Exercise - Across the listing, the lines that include "each" must be tallied and reported as a bare number.

Start of Source material

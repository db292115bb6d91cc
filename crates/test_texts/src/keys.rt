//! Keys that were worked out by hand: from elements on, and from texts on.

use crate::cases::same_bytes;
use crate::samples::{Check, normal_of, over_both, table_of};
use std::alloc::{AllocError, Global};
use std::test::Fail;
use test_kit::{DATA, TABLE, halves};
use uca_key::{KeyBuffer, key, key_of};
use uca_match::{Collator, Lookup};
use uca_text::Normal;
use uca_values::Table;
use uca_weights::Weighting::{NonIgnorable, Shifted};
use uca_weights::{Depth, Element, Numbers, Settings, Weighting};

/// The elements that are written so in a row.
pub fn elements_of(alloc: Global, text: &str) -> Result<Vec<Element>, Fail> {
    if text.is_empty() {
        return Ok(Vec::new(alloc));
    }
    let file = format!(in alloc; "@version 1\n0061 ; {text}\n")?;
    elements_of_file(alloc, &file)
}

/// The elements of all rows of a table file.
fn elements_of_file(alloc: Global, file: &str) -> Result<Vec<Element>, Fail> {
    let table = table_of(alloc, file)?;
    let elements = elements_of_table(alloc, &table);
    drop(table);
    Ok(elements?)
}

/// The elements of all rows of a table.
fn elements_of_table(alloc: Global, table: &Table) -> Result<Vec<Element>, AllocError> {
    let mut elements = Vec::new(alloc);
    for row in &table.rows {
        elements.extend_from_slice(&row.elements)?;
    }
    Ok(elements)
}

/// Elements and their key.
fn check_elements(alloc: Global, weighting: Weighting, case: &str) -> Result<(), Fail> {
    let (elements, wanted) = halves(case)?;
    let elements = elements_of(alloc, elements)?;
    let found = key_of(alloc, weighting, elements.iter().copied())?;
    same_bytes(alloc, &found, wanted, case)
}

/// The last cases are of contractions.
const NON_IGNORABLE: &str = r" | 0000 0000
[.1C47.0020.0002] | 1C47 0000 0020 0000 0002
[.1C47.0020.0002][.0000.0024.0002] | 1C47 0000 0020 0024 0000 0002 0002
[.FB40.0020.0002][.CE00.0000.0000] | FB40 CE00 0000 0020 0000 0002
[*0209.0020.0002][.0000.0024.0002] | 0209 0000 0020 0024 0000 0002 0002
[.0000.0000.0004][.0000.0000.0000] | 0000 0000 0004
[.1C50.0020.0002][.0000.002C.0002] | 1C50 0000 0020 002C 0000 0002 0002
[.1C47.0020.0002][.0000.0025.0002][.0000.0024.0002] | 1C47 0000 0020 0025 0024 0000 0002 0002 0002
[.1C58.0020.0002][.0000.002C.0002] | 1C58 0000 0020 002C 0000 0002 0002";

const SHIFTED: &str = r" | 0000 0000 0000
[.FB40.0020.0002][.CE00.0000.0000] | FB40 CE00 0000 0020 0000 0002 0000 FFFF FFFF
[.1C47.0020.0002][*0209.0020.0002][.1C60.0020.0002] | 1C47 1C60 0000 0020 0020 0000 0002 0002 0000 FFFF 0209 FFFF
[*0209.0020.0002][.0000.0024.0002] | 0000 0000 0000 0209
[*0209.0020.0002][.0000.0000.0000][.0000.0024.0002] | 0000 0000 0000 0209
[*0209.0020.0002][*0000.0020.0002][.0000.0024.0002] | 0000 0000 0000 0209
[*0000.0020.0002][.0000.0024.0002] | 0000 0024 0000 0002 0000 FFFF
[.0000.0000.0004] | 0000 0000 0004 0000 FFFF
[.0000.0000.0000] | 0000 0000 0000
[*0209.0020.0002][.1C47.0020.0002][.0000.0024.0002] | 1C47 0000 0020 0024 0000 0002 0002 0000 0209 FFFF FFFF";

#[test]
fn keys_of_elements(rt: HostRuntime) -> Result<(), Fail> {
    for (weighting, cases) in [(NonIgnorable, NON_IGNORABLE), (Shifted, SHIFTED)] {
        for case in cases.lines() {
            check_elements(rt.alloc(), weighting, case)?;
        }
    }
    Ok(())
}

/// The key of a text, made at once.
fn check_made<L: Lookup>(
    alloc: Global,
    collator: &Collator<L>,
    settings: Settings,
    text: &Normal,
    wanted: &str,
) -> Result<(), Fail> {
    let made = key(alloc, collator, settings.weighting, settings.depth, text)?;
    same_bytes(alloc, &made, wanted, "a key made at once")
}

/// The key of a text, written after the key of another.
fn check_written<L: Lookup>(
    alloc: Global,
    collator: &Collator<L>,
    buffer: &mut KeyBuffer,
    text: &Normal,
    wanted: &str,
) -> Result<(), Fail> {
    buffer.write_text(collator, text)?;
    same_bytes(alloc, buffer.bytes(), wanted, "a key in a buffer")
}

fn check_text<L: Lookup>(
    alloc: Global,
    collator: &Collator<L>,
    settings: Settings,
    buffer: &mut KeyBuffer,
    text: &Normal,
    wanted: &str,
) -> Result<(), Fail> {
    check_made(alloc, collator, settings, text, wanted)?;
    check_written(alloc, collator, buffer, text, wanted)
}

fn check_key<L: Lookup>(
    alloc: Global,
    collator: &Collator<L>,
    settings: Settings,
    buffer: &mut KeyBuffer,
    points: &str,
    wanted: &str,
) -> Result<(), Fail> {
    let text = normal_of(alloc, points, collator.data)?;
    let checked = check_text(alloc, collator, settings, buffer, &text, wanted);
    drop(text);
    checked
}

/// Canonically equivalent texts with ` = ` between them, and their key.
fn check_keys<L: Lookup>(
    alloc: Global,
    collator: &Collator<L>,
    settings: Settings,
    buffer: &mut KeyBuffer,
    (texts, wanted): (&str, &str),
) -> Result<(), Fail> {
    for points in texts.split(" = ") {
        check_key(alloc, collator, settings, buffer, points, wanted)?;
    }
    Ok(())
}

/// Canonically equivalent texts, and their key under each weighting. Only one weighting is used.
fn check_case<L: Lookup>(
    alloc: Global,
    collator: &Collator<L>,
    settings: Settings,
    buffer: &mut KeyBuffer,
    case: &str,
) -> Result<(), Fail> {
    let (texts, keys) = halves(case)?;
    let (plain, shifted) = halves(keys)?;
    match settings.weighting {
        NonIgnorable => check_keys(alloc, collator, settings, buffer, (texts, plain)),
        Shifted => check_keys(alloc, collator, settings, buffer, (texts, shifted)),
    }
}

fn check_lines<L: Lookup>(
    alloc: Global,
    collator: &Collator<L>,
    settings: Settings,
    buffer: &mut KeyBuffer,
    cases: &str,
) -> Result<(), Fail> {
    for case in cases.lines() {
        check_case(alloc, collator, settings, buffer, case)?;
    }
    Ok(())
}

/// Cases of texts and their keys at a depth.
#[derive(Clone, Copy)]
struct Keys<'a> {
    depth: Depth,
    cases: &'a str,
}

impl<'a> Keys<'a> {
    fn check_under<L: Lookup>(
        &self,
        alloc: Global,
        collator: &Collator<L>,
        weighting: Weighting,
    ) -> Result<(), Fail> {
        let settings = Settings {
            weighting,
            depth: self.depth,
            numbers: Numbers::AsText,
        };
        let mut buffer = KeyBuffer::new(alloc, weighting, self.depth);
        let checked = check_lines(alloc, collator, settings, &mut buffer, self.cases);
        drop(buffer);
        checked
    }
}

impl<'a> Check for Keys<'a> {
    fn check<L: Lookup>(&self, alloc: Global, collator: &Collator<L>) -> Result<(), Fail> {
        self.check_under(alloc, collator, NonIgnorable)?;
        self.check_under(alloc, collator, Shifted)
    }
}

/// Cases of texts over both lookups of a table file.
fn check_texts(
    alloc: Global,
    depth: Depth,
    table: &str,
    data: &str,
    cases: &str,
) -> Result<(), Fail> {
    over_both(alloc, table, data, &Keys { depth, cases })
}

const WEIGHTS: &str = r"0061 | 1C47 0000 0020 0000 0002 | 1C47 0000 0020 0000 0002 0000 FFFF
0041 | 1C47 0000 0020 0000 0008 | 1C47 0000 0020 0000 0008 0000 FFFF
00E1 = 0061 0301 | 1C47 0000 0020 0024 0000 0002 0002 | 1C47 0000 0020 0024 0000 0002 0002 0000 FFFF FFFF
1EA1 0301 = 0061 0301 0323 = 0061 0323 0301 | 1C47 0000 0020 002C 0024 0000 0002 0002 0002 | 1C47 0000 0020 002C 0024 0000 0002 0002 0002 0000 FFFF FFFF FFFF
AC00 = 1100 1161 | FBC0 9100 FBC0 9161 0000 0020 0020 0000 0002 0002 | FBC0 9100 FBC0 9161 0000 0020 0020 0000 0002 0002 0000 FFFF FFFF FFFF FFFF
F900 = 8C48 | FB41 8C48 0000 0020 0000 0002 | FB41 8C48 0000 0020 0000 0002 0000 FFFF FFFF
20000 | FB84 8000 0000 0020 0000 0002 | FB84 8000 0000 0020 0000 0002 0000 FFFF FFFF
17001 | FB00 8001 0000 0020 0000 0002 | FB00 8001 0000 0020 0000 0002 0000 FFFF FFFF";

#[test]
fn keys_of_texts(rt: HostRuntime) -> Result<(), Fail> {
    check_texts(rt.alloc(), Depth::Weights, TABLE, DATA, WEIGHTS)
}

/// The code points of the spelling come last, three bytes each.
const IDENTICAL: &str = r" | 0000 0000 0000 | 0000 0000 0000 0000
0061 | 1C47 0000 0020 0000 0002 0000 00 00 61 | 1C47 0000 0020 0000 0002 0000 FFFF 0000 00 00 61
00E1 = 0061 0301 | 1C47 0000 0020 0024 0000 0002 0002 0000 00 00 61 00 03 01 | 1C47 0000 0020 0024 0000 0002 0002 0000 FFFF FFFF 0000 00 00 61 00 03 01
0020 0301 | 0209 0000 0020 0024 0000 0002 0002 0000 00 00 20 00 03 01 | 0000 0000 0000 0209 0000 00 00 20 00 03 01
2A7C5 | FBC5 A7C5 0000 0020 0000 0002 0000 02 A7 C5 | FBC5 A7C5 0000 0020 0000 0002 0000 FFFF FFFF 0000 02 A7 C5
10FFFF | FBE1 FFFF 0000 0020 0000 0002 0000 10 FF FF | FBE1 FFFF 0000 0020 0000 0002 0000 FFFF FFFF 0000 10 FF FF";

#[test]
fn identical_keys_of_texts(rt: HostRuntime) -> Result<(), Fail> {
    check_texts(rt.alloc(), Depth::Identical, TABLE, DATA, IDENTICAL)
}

End of Source material

Completed task - 2